How do you forecast the weather?

10 July 2018


How do you forecast the weather?


Chris put this question to meteorologist Jim Bacon...

Jim - I think the easiest way to describe what happens in the modern meteorologists office would be that most of us will be looking at the output from the mathematical models of the atmosphere and using raw data coming in to represent a starting condition. You can then use the equations of the atmosphere - how the the air moves how it exchanges energy, how it exchanges temperature, moisture and so on. Those parameters can be represented with equations in the model and it will predict what those numbers look like in a short time step ahead. And if you keep leapfrogging those far enough into the future you can get an idea of what the temperature field display would look like in six hours time. And models now - I used to work as a programmer in the Met Office at Bracknell and this was in the 70s before we all had computers at home and the models would split the atmosphere all over the globe up into -  it's a bit like imagine an onion with several different layers and on that onion there are lines that cross like latitude and longitude lines and each of those grid points represents a data value. And in those days the computing power was so limited that the data points were 150 kilometers apart and there were 10 onion skins in this model that represented the real virtual weather. So what happened is that as computers got quicker and more able, we now have models that have data points 4 kilometres apart used regularly to drive your TV graphics for example and a lot of aviation meteorology, in some specialist cases they’re 1 kilometre apart. They don’t have 10 onion skins if you like. They have 90. So they're much better able to represent the real physics of the atmosphere. So forecasts have become much better and you can move them farther ahead in time and still get a good result.
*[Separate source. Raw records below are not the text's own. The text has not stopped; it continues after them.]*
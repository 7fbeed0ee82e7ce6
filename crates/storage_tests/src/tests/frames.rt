//! Spelled examples, faults and their offsets.

use super::expected::assert_same;
use super::frame_sweeps::{Form, rewritten};
use super::samples::changed;
use rr_frame::{
    Reader, Snapshot, Version, decode_fact, decode_group, decode_snapshot, encode_fact,
    encode_snapshot, put_command, read_command,
};
use rr_types::{
    Command, Estimate, Fact, Group, Instance, Name, NodeId, Nodes, Op, Promise, Refusal, RequestNo,
    Round, Value,
};
use std::alloc::Global;
use std::process::Abort;

/// A group of one fact with number 3: instance 0 decides `7.1 claim a x`.
static DECIDED: [u8; 32] = [
    0, 0, 0, 0, 0, 0, 0, 3, 0, 1, 4, 0, 0, 0, 0, 0, 0, 0, 7, 0, 0, 0, 0, 0, 0, 0, 1, 1, 1, 0x61, 1,
    0x78,
];

/// The empty snapshot of epoch 1 of node 0 of 1.
static EMPTY: [u8; 23] = [
    2, 0, 1, 0, 0, 0, 0, 0, 0, 0, 1, 0, 0, 0, 0, 0, 0, 0, 0, 0, 0, 0, 0,
];

/// The snapshot of node 0 of 1 with epoch 2 behind two facts: it proposed `7.1 claim a x` in round 1.
static PROPOSED: [u8; 71] = [
    2, 0, 1, 0, 0, 0, 0, 0, 0, 0, 2, 0, 0, 0, 0, 0, 0, 0, 2, 0, 0, 0, 1, 0, 0, 0, 0, 2, 0, 0, 0, 1,
    0, 0, 0, 0, 0, 0, 0, 7, 0, 0, 0, 0, 0, 0, 0, 1, 1, 1, 0x61, 1, 0x78, 1, 0, 0, 0, 7, 0, 0, 0, 0,
    0, 0, 0, 1, 1, 1, 0x61, 1, 0x78,
];

/// The bytes of that group. (A test that names a table itself is proved over each of its bytes.)
fn decided() -> &'static [u8] {
    &DECIDED
}

/// The bytes of the empty snapshot.
fn empty() -> &'static [u8] {
    &EMPTY
}

/// The bytes of the snapshot with a proposal.
fn proposed() -> &'static [u8] {
    &PROPOSED
}

/// Asserts that bytes are read as a fact in version 2, and refused at this offset in version 1.
fn assert_new(rt: &impl Abort, bytes: &[u8], offset: u64) {
    assert!(rt; decode_fact(Version::Two, bytes).is_ok(), "no fact");
    assert_malformed(rt, decode_fact(Version::One, bytes).err(), offset);
}

/// Asserts that a refusal is that of bytes with a fault at this offset.
fn assert_malformed(rt: &impl Abort, found: Option<Refusal>, offset: u64) {
    assert_eq!(rt; found, Some(Refusal::Malformed(offset)));
}

/// Whether bytes are refused at this offset.
fn is_refused(alloc: Global, form: Form, bytes: &[u8], offset: u64) -> bool {
    matches!(rewritten(alloc, form, bytes), Err(Refusal::Malformed(found)) if found == offset)
}

/// Asserts of each of these places, with another byte and an offset, that the example with that byte there is refused at that
/// offset.
fn assert_faults(
    rt: &impl Abort,
    alloc: Global,
    form: Form,
    example: &[u8],
    faults: &[(usize, u8, u64)],
) {
    for (place, value, offset) in faults {
        let bytes = changed(rt, alloc, example, *place, *value);
        assert!(rt;
            is_refused(alloc, form, &bytes, *offset),
            "{value} at {place}"
        );
    }
}

/// The bytes of a command.
fn spelled(rt: &impl Abort, alloc: Global, command: &Command) -> Vec<u8> {
    let mut bytes = Vec::new(alloc);
    put_command(&mut bytes, command).expect(rt, "memory");
    bytes
}

#[test]
fn a_transfer_is_spelled_in_19_bytes(rt: HostRuntime) {
    let command = Command {
        request: RequestNo { client: 7, seq: 2 },
        op: Op::Transfer(Name::new(b"a").expect(&rt, "memory"), 9),
    };
    let bytes = spelled(&rt, rt.alloc(), &command);
    let wanted = [0, 0, 0, 7, 0, 0, 0, 0, 0, 0, 0, 2, 4, 1, 0x61, 0, 0, 0, 9];
    assert_same(&rt, &bytes, &wanted, "a transfer");
    let mut reader = Reader::new(&bytes);
    let read = read_command(Version::Two, &mut reader)
        .ok()
        .expect(&rt, "a command");
    assert!(rt; read.is_same(&command));
    assert_eq!(rt; reader.left(), 0);
}

/// The fact that instance 0 enters round 1 with `7.1 claim a x`.
fn entering(rt: &impl Abort) -> Fact {
    let name = Name::new(b"a").expect(rt, "memory");
    let value = Value::new(b"x").expect(rt, "memory");
    let command = Command {
        request: RequestNo { client: 7, seq: 1 },
        op: Op::Claim(name, value),
    };
    let instance = Instance::new(0).expect(rt, "an instance");
    let round = Round::new(1).expect(rt, "a round");
    let estimate = Estimate::new(round, 0, command).expect(rt, "an estimate");
    Fact::Enter(instance, estimate)
}

#[test]
fn a_fact_is_read_as_it_was_written(rt: HostRuntime) {
    let bytes = encode_fact(rt.alloc(), &entering(&rt)).expect(&rt, "memory");
    let wanted = [
        1, 0, 0, 0, 0, 0, 0, 0, 1, 0, 0, 0, 0, 0, 0, 0, 7, 0, 0, 0, 0, 0, 0, 0, 1, 1, 1, 0x61, 1,
        0x78,
    ];
    assert_same(&rt, &bytes, &wanted, "a fact");
    assert!(rt; matches!(decode_fact(Version::Two, &bytes), Ok(Fact::Enter(_, _))));
    // A stamp that is not below its round.
    let bent = changed(&rt, rt.alloc(), &bytes, 12, 1);
    assert_malformed(&rt, decode_fact(Version::Two, &bent).err(), 9);
}

#[test]
fn faults_of_a_group(rt: HostRuntime) {
    let alloc = rt.alloc();
    let form = Form::Group(Version::Two);
    let faults = [
        (9, 0, 8),
        (9, 65, 8),
        (10, 5, 10),
        (11, 255, 11),
        (27, 5, 27),
        (28, 0, 28),
        (29, 0x41, 29),
        (30, 65, 30),
        (30, 2, 31),
    ];
    assert_faults(&rt, alloc, form, decided(), &faults);
    let longer = [decided(), [0].as_slice()]
        .concat(alloc)
        .expect(&rt, "memory");
    assert!(rt; is_refused(alloc, form, &longer, 32));
    assert!(rt; is_refused(alloc, form, &[], 0));
}

/// Asserts that a snapshot is spelled so.
fn assert_written(rt: &impl Abort, alloc: Global, snapshot: &Snapshot, wanted: &[u8]) {
    let bytes = encode_snapshot(alloc, snapshot).expect(rt, "memory");
    assert_same(rt, &bytes, wanted, "a snapshot");
}

/// The snapshot that is read of bytes of a version. Asserts that it is written as the snapshot with a proposal.
fn read_proposed(rt: &impl Abort, alloc: Global, version: Version, bytes: &[u8]) -> Snapshot {
    let (found, read) = decode_snapshot(alloc, bytes).expect(rt, "memory");
    assert_eq!(rt; found, version);
    assert_written(rt, alloc, &read, proposed());
    read
}

/// The empty snapshot of epoch 1 of node 0 of 1.
fn made(rt: &impl Abort, alloc: Global) -> Snapshot {
    let node = NodeId::at(0).expect(rt, "a node");
    let nodes = Nodes::new(1).expect(rt, "nodes");
    let promise = Promise::new(Vec::new(alloc));
    let made = Snapshot::new(nodes, node, 1, 0, promise);
    made.ok().expect(rt, "a snapshot")
}

#[test]
fn snapshots(rt: HostRuntime) {
    let alloc = rt.alloc();
    assert_written(&rt, alloc, &made(&rt, alloc), empty());
    let read = read_proposed(&rt, alloc, Version::Two, proposed());
    assert_eq!(rt; (read.epoch(), read.next()), (2, 2));
    assert_eq!(rt; read.promise().entries().len(), 1);
}

#[test]
fn faults_of_a_snapshot(rt: HostRuntime) {
    // Version, node and count, epoch 0, entries before the first fact, kind, round 0, stamp above the round, flag.
    let faults = [
        (0, 0, 0),
        (0, 3, 0),
        (1, 1, 2),
        (2, 8, 2),
        (10, 0, 3),
        (18, 0, 19),
        (27, 3, 27),
        (31, 0, 28),
        (35, 2, 32),
        (53, 2, 53),
    ];
    assert_faults(&rt, rt.alloc(), Form::Snapshot, proposed(), &faults);
}

/// A group of one fact: instance 0 decides `7.1 claim`, of a name of `count` letters b.
fn of_long_name(rt: &impl Abort, alloc: Global, count: u8) -> Vec<u8> {
    let mut bytes = changed(rt, alloc, decided(), 28, count);
    bytes.truncate(29);
    bytes
        .resize(29 + usize::from(count), b'b')
        .expect(rt, "memory");
    bytes.push(0).expect(rt, "memory");
    bytes
}

#[test]
fn names_are_as_long_as_the_version_has_them(rt: HostRuntime) {
    let alloc = rt.alloc();
    for (version, longest) in [(Version::One, 32), (Version::Two, 64)] {
        let bytes = of_long_name(&rt, alloc, longest);
        assert!(rt; decode_group(alloc, version, &bytes).is_ok());
        let longer = of_long_name(&rt, alloc, longest + 1);
        assert!(rt; is_refused(alloc, Form::Group(version), &longer, 28));
    }
}

#[test]
fn facts_of_version_1(rt: HostRuntime) {
    let alloc = rt.alloc();
    // Instances 65,535 and 65,536 decide `7.3 release b`; instance 0 decides `7.2 transfer a 9`.
    let last = [
        4, 0, 0, 255, 255, 0, 0, 0, 7, 0, 0, 0, 0, 0, 0, 0, 3, 3, 1, 0x62,
    ];
    let far = [
        4, 0, 1, 0, 0, 0, 0, 0, 7, 0, 0, 0, 0, 0, 0, 0, 3, 3, 1, 0x62,
    ];
    let transfer = [
        4, 0, 0, 0, 0, 0, 0, 0, 7, 0, 0, 0, 0, 0, 0, 0, 2, 4, 1, 0x61, 0, 0, 0, 9,
    ];
    let again = rewritten(alloc, Form::Fact(Version::One), &last).expect(&rt, "lawful");
    assert_same(&rt, &again, &last, "a fact of version 1");
    assert_new(&rt, &far, 1);
    assert_new(&rt, &transfer, 17);
}

#[test]
fn groups_of_version_1(rt: HostRuntime) {
    let alloc = rt.alloc();
    assert!(rt; decode_group(alloc, Version::One, decided()).is_ok());
    let far = changed(&rt, alloc, decided(), 12, 1);
    assert!(rt; is_refused(alloc, Form::Group(Version::One), &far, 11));
    assert!(rt; decode_group(alloc, Version::Two, &far).is_ok());
}

#[test]
fn a_snapshot_of_version_1(rt: HostRuntime) {
    let alloc = rt.alloc();
    let old = changed(&rt, alloc, proposed(), 0, 1);
    drop(read_proposed(&rt, alloc, Version::One, &old));
}

#[test]
fn faults_of_a_snapshot_of_version_1(rt: HostRuntime) {
    // Instance 65,536, a transfer, a name of 33 bytes, a proposal that is a transfer.
    let faults = [(24, 1, 23), (48, 4, 48), (49, 33, 49), (66, 4, 66)];
    let old = changed(&rt, rt.alloc(), proposed(), 0, 1);
    assert_faults(&rt, rt.alloc(), Form::Snapshot, &old, &faults);
    let far = changed(&rt, rt.alloc(), proposed(), 24, 1);
    assert!(rt; decode_snapshot(rt.alloc(), &far).is_ok());
}
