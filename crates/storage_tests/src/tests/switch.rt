//! Switches from one area to the other, and back.

ghost use Rattle.rr_frame.specs.Snapshots.{IsSnapshot};
ghost use Rattle.rr_journal.specs.Switches.{snapshot_of};

use super::expected::{alone, assert_reads};
use rr_disk::{Area, MemDisk};
use rr_journal::{Journal, SwitchJob, Switching};
use rr_types::Promise;
use std::alloc::Global;
use std::process::Abort;

fn opened(rt: &impl Abort, alloc: Global, disk: MemDisk) -> (Journal<MemDisk>, Promise)
    ensures { IsSnapshot (snapshot_of result.0 result.1) }
{
    let (nodes, node) = alone(rt);
    let (slots, opened) = Journal::open(alloc, nodes, node, disk).expect(rt, "an opening");
    (slots, opened.into_promise())
}

fn made(rt: &impl Abort, job: SwitchJob, slots: &mut Journal<MemDisk>) -> SwitchJob {
    match job.step(slots).expect(rt, "a call") {
        Switching::More(job) => job,
        Switching::Done => rt.panic("a call less"),
    }
}

fn ended(rt: &impl Abort, job: SwitchJob, slots: &mut Journal<MemDisk>) {
    match job.step(slots).expect(rt, "a call") {
        Switching::More(job) => {
            job.abandon();
            assert!(rt; false, "a call more");
        }
        Switching::Done => (),
    }
}

fn switched(rt: &impl Abort, alloc: Global, slots: &mut Journal<MemDisk>, promise: Promise)
    requires { IsSnapshot (snapshot_of slots.old promise) }
{
    let job = slots.begin_snapshot(alloc, promise).expect(rt, "a switch");
    let job = made(rt, job, slots);
    let job = made(rt, job, slots);
    let job = made(rt, job, slots);
    let job = made(rt, job, slots);
    let job = made(rt, job, slots);
    ended(rt, job, slots)
}

/// The disk behind a switch from one of its areas to the other.
fn switched_over(rt: &impl Abort, alloc: Global, disk: MemDisk, from: Area, to: Area) -> MemDisk {
    let (mut slots, promise) = opened(rt, alloc, disk);
    assert!(rt; slots.area() == from);
    switched(rt, alloc, &mut slots, promise);
    assert!(rt; slots.area() == to);
    slots.into_disk()
}

#[test]
fn a_switch_takes_six_calls(rt: HostRuntime) {
    let alloc = rt.alloc();
    let disk = MemDisk::new(alloc);
    let disk = switched_over(&rt, alloc, disk, Area::First, Area::Second);
    let mut disk = switched_over(&rt, alloc, disk, Area::Second, Area::First);
    // The epochs.
    assert_reads(
        &rt,
        alloc,
        &mut disk,
        Area::First,
        8,
        &[0, 0, 0, 0, 0, 0, 0, 3],
    );
    assert_reads(
        &rt,
        alloc,
        &mut disk,
        Area::Second,
        8,
        &[0, 0, 0, 0, 0, 0, 0, 2],
    );
}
Chris - So when you say there is a model, basically people like yourself have written computer programs that know what the atmosphere does and they put some energy in and how it's going to move, how the air masses are going to move and how their energy is going to change the behavior of that patch of the earth's surface. And so we know from experience but also from modeling how it's likely to play out how that's going to move around and therefore what it's going to do to weather patterns and systems around the world.

Jim - That's essentially it. And the interesting follow on from that actually which is probably far more significant in importance, is that when you've tuned your models to be successful in the short term, you know pretty well that the physics is working reasonably well. They're still not powerful enough to represent individual shower clouds accurately but they can get them in a sort of parameterised way but nonetheless the interesting point is that once you know they work, what's to stop you running it not for next week or the week after, but running it for next year, the year after that and the year after that and so on? So you run these models for a model world's worth of 30 years data and see if the average temperatures that you calculate match the average temperatures that we have in our current climate. So you've calibrated the model to represent what we have now and then you can play God and do all the things that climate change people are interested in, which is you can chop down the Amazon rainforest you can irrigate the deserts, you can melt the polar ice caps and you can run the models again and see how those values change. Now you won't be able to represent it exactly but you give the scale of direction of where it will go. And it's the refining of those models that gives people the various answers about what climate change might look like in 100 years time.